Well done OP for not doing this to your own daughter.

It is the most dreadful emotional abuse of a child.

Yes, abuse.

A young child simply doesn't have the ability to comprehend what is being told to them.

It brings sadness, anxiety, confusion, guilt and depression to them.

They don't have the words to explain how they feel and they don't have anyone to talk to about the confusion and fear it brings to them to have the adults in their life dumping on them.

Unbelievably damaging and life long repercussions for the child.

Hence the OP being triggered by it.

Children of these parents often end up as people pleasers who simply do not know how to have a relationship or friendship without being in the fixer role.

So fxxked up.

As usual @AttilaTheMeerkat will give you the bottom line.

You are enmeshed by your mother and can't imagine not being close, but the fact is distance would be so good for you.

Yes your mother is human and just a woman, but dumping your unhappiness on your children is plain wrong.

Ring the Samaritans or some such organisation for a free ear, but leave your children the hell alone.

jumphopskip · 15/08/2023 13:32

My DM did similar when I was a child and it caused real issues for me. Slagging off other family members to me including my DF / her DH, but when I did same she'd jump in to defend them. It also affected my relationship with DF as I would be rude / contemptuous to him after things my DM had said about him, and he didn't know how to handle it.

Also, she'd tell me I was really mature for my age, probably to justify telling me all this stuff, when I actually wasn't. When I tried to act grown up around her friends (as I'd been told I was really mature) and they got irritated, my DM would then get embarrassed and tell me off. I found the world very confusing and internalised a lot, which came out in me believing that I was a bad person.
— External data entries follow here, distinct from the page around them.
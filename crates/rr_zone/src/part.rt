// The parts of a calendar text: its events, its time zones and what stands between these.
ghost use Rattle.std.specs.Prelude.{◌≡◌, map, All, IfOk};
ghost use Rattle.rr_model.specs.Text.Event.{is_event};
ghost use Rattle.rr_model.specs.Text.UsedLines.{value_of_line};
ghost use Rattle.rr_events.specs.Own.{value_or_empty};
ghost use Rattle.rr_events.specs.Segments.{section_in};
ghost use Rattle.rr_zone.specs.Parts.{IsNumberedPart, begun_name, component_content, content_of, part_in, part_of, zones_in};
ghost use Rattle.rr_zone.specs.Zones.{IsNumbered, raw_lines_in};

use crate::event::{EventFacts, event_facts};
use crate::full::full_lines;
use rr_events::{Piece, Segment, cut_line};
use rr_ical::{is_event, value_of_line};
use rr_model::{Line, NoMemory};
use std::alloc::Global;

/// What a part of a text is.
#[derive(Drop)]
pub(crate) enum Content {
    /// An event, and what it states of its zone.
    Event(EventFacts),
    /// A VTIMEZONE component, with its observances.
    Zone,
    /// What stands between events and time zones, as it is.
    Other,
}

/// A part of a text.
#[derive(Drop)]
pub(crate) struct Part<'a> {
    /// What it is: an event, a time zone, or neither.
    pub(crate) content: Content,
    /// Its bytes, and the number of its first physical line.
    pub(crate) piece: Piece<'a>,
}

// The value of a line, the empty text if it has none.
fn value_or_empty(line: &Line) -> &[u8]
    ensures { result.now ≡ value_or_empty (value_of_line line.now.text) }
{
    value_of_line(line.text.as_slice()).unwrap_or(b"")
}

/// Whether the component that a piece begins is an event.
pub fn begins_event(alloc: Global, piece: Piece) -> Result<bool, NoMemory>
    requires { IsNumbered piece }
    ensures { IfOk result (λ is. is ≡ is_event (begun_name (raw_lines_in piece.entry))) }
{
    let Some(cut) = cut_line(alloc, piece.text, piece.first)? else {
        return Ok(is_event(b""));
    };
    Ok(is_event(value_or_empty(&cut.line)))
}

// What a component is that is an event or a zone.
fn component_content(alloc: Global, piece: Piece) -> Result<Content, NoMemory>
    requires { IsNumbered piece }
    ensures { IfOk result (λ x. x ≡ component_content (raw_lines_in piece.entry)) }
{
    if !begins_event(alloc, piece)? {
        return Ok(Content::Zone);
    }
    let lines = full_lines(alloc, piece)?;
    Ok(Content::Event(event_facts(alloc, lines.as_slice())?))
}

// What a segment is: an event, a time zone, or neither.
fn content_of(alloc: Global, segment: Segment) -> Result<Content, NoMemory>
    requires { IsNumbered segment.piece }
    ensures { IfOk result (λ x. x ≡ content_of segment.entry.is_component (raw_lines_in segment.entry.piece)) }
{
    if segment.is_component {
        component_content(alloc, segment.piece)
    } else {
        Ok(Content::Other)
    }
}

/// The segments with what each is.
pub(crate) fn parts_of<'a>(
    alloc: Global,
    segments: &[Segment<'a>],
) -> Result<Vec<Part<'a>>, NoMemory>
    requires { All (λ segment. IsNumbered segment.piece) segments.now }
    ensures parts { IfOk result (λ parts. map part_in parts.items
        ≡ map part_of (map section_in segments.now)) }
    ensures numbered { IfOk result (λ parts. All IsNumberedPart parts.items) }
{
    let mut parts = Vec::new(alloc);
    for segment in segments {
        let segment = *segment;
        parts.push(Part {
            content: content_of(alloc, segment)?,
            piece: segment.piece,
        })?;
    }
    Ok(parts)
}

/// The zones among the parts.
pub(crate) fn zones_in<'a>(alloc: Global, parts: &[Part<'a>]) -> Result<Vec<Piece<'a>>, NoMemory>
    requires { All IsNumberedPart parts.now }
    ensures zones { IfOk result (λ zones. map raw_lines_in zones.items
        ≡ zones_in (map part_in parts.now)) }
    ensures numbered { IfOk result (λ zones. All IsNumbered zones.items) }
{
    let mut zones = Vec::new(alloc);
    for part in parts {
        if matches!(part.content, Content::Zone) {
            zones.push(part.piece)?;
        }
    }
    Ok(zones)
}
After lots of therapy I can put some distance between me now and what went on when I was a child. But I refuse to engage with DM now when she goes off on a rant about somebody. She's actually a bit more balanced now, and if she hadn't behaved as she did when I was a child then I think I'd be prepared to engage more with her. But as it stands I don't feel I want any more of it, knowing the damage it did to me when I was younger.
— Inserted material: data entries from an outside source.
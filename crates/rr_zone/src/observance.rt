// One observance of a time zone (RFC 5545, section 3.6.5).
ghost use Rattle.std.specs.Prelude.{◌≡◌, IfOk, IfSome, option_map};
ghost use Rattle.std.specs.List.{list_all};
ghost use Rattle.rr_events.specs.Own.{first_named, first_value};
ghost use Rattle.rr_zone.specs.Observances.{IsSoundObservance, ends_not_before, has_local_start, is_local, is_zone_rule, is_zone_series, observance_by, observance_of};
ghost use Rattle.rr_zone.specs.Offsets.{IsBelowDay};
ghost use Rattle.rr_model.specs.Text.Passes.{date_value};

use crate::offset::offset_value;
use rr_ical::{date_value, is_named, scan_lines, value_of_line};
use rr_model::{
    Bytes, End, Fault, Freq, Kind, Line, LineList, LineName, NoMemory, Rule, Scan, Series, UsedLine,
};
use rr_rrule::read_scan;
use std::alloc::Global;

/// When an observance begins, again and again, and how far local time is ahead of UTC before and from then on.
#[derive(Drop)]
pub struct Observance {
    /// Its onsets, in local time as it was before them.
    pub series: Series,
    /// Local time less UTC before an onset, in seconds.
    pub from: i32,
    /// Local time less UTC from an onset on, in seconds.
    pub to: i32,
}

// The first line of this name.
fn first_named<'a>(word: &[u8], lines: &'a [Line]) -> Option<&'a Line>
    ensures { option_map (λ line. line.now) result ≡ first_named word.now lines.now }
{
    for line in lines {
        if is_named(line.text.as_slice(), word) {
            return Some(line);
        }
    }
    None
}

/// The value of the first line of this name, the empty text if there is none.
fn first_value<'a>(word: &[u8], lines: &'a [Line]) -> &'a [u8]
    ensures { result.now ≡ first_value word.now lines.now }
{
    let Some(line) = first_named(word, lines) else {
        return b"";
    };
    value_of_line(line.text.as_slice()).unwrap_or(b"")
}

// The lines, in memory of their own.
fn copy_lines(alloc: Global, lines: &[Line]) -> Result<LineList, NoMemory>
    ensures { IfOk result (λ list. list ≡ lines.now) }
{
    let mut list = LineList::new(alloc);
    for line in lines {
        list.put(Line {
            number: line.number,
            text: Bytes::of(alloc, line.text.as_slice())?,
        })?;
    }
    Ok(list)
}

// Whether a line of DTSTART states a moment of local time.
fn is_local(line: &UsedLine) -> bool
    ensures { result ≡ is_local (date_value line.now.number line.now.value) }
{
    match date_value(line.number, line.value.as_slice()) {
        Ok(stamp) => matches!(stamp.kind, Kind::Moments) && !stamp.utc,
        Err(_) => false,
    }
}

// Whether the first DTSTART states a moment of local time.
fn has_local_start(lines: &[UsedLine]) -> bool
    ensures { result ≡ has_local_start lines.now }
{
    for line in lines {
        if matches!(line.name, LineName::Dtstart) {
            return is_local(line);
        }
    }
    false
}

// Whether a rule ends not before the start, at a moment.
fn ends_not_before(start: i64, end: End) -> bool
    ensures { result ≡ ends_not_before start end }
{
    match end {
        End::Never | End::Count(_) => true,
        End::Until { kind, at } => matches!(kind, Kind::Moments) && start <= at,
        End::Both { kind, at, .. } => matches!(kind, Kind::Moments) && start <= at,
    }
}

// Whether a rule is one of an observance: yearly, at the time of the start.
fn is_zone_rule(start: i64, rule: &Rule) -> bool
    ensures { result ≡ is_zone_rule start rule.now }
{
    matches!(rule.freq, Freq::Yearly)
        && rule.by_hour.is_empty()
        && rule.by_minute.is_empty()
        && rule.by_second.is_empty()
        && ends_not_before(start, rule.end)
}

// Whether all rules are of an observance.
fn are_zone_rules(start: i64, rules: &[Rule]) -> bool
    ensures { result ≡ list_all (is_zone_rule start) rules.now }
{
    for rule in rules {
        if !is_zone_rule(start, rule) {
            return false;
        }
    }
    true
}

// Whether a series is one of onsets.
fn is_zone_series(series: &Series) -> bool
    ensures { result ≡ is_zone_series series.now }
{
    matches!(series.kind, Kind::Moments)
        && series.excluded.is_empty()
        && series.minus.is_empty()
        && are_zone_rules(series.start, series.rules.as_slice())
}

// The observance of the used lines of a component.
fn observance_by(
    alloc: Global,
    from: i32,
    to: i32,
    scan: &Scan,
) -> Result<Option<Observance>, NoMemory>
    requires from { IsBelowDay from }
    requires to { IsBelowDay to }
    ensures value { IfOk result (λ observance. observance ≡ observance_by from to scan.now) }
    ensures sound { IfOk result (λ observance. IfSome observance IsSoundObservance) }
{
    if !has_local_start(scan.used.as_slice()) {
        return Ok(None);
    }
    match read_scan(alloc, Some(from), scan) {
        Err(Fault::NoMemory) => Err(NoMemory),
        Err(Fault::Refused(_)) => Ok(None),
        Ok(series) => {
            if is_zone_series(&series) {
                Ok(Some(Observance { series, from, to }))
            } else {
                Ok(None)
            }
        }
    }
}

/// The observance that the lines of a component state, if they state one.
pub(crate) fn read_observance(alloc: Global, lines: &[Line]) -> Result<Option<Observance>, NoMemory>
    ensures value { IfOk result (λ observance. observance ≡ observance_of lines.now) }
    ensures sound { IfOk result (λ observance. IfSome observance IsSoundObservance) }
{
    let Some(from) = offset_value(first_value(b"TZOFFSETFROM", lines)) else {
        return Ok(None);
    };
    let Some(to) = offset_value(first_value(b"TZOFFSETTO", lines)) else {
        return Ok(None);
    };
    let scan = scan_lines(alloc, true, 0, copy_lines(alloc, lines)?)?;
    observance_by(alloc, from, to, &scan)
}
I don't feel the need to share any of that stuff with my DC. I love their DF - my DH - and we're a team. If I want to offload then it's to him, my therapist or my friends. I want my DC to feel they can share things with me, and I'm very aware of facilitating an environment that's conducive to this. But I feel strongly that it's not on for me to share back in the same way.
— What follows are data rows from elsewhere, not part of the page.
//! The time zones of a calendar text (RFC 5545, section 3.6.5), and the text with its moments of UTC in local time.
#![tactic(auto)]

mod clock;
mod clocks;
mod event;
mod full;
mod laws;
mod line;
mod local;
mod observance;
mod offset;
mod onsets;
mod part;
mod rewritten;
mod series;
mod text_laws;
mod unread;
mod value;
mod zone;

pub use clock::{Onset, Table, first_of_all};
pub use laws::{one_offset_is_fixed, tables_tell};
pub use local::local_text;
pub use observance::Observance;
pub use onsets::tables_of;
pub use part::begins_event;
pub use text_laws::{other_dates_stay, other_rules_stay, text_stays};
pub use unread::{UnreadZone, unread_zones};
pub use zone::{Zone, ZoneFault, zone_in};
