// Laws about zones, each the contract of a function that does nothing.
ghost use Rattle.rr_zone.specs.ZoneLaws.{OneOffsetIsFixed};
ghost use Rattle.rr_zone.specs.Tables.{TablesTell};

/// A zone whose observances all have one offset has that offset at every moment, as a stated offset has.
pub fn one_offset_is_fixed()
    ensures { OneOffsetIsFixed }
{}

/// The tables of a zone up to a day tell its local time at every moment of UTC before that day.
pub fn tables_tell()
    ensures { TablesTell }
{}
ChaosRain · 15/08/2023 14:27

Thank you @jumphopskip , I never connected hearing the 'very mature for your age' as warming me up for the nonsense that followed but she did.

She's currently having a right go at her dead SIL, her brother who died ten years earlier has now fully achieved sainthood but for that my aunt must be demonized. Obviously, the truth is somewhere in the middle but also nothing to do with us, we rarely saw them more then once a year at a very large family event.

My dad has also been nominated for sainthood. A fantastic childhood friend pointed out he'd always been a grumpy bastard which confirmed my less glowing memories.

Daffodilwoman · 15/08/2023 14:37

I’ve just spent a few hours with my dm. It was hard work. I’ve always envied friends who had nice mothers. I hope I don’t do to my dcs what she did to me. I am honest with them but now I’m worrying that I’m too honest.
Shopping with my mum and she managed to get in again how fat I am. She has losing weight rapidly (perhaps not a good thing).
Now I feel guilty that I did not enjoy my time with her.

HamBone · 15/08/2023 15:41

If I want to offload then it's to him, my therapist or my friends. I want my DC to feel they can share things with me, and I'm very aware of facilitating an environment that's conducive to this. But I feel strongly that it's not on for me to share back in the same way.

I feel the same @jumphopskip , I offload to my DH and my closest friends, not my teenager children. My “job” is to support them emotionally, not vice versa. In the future, I may ask them for advice on certain practical matters, but they aren’t here to top me up emotionally.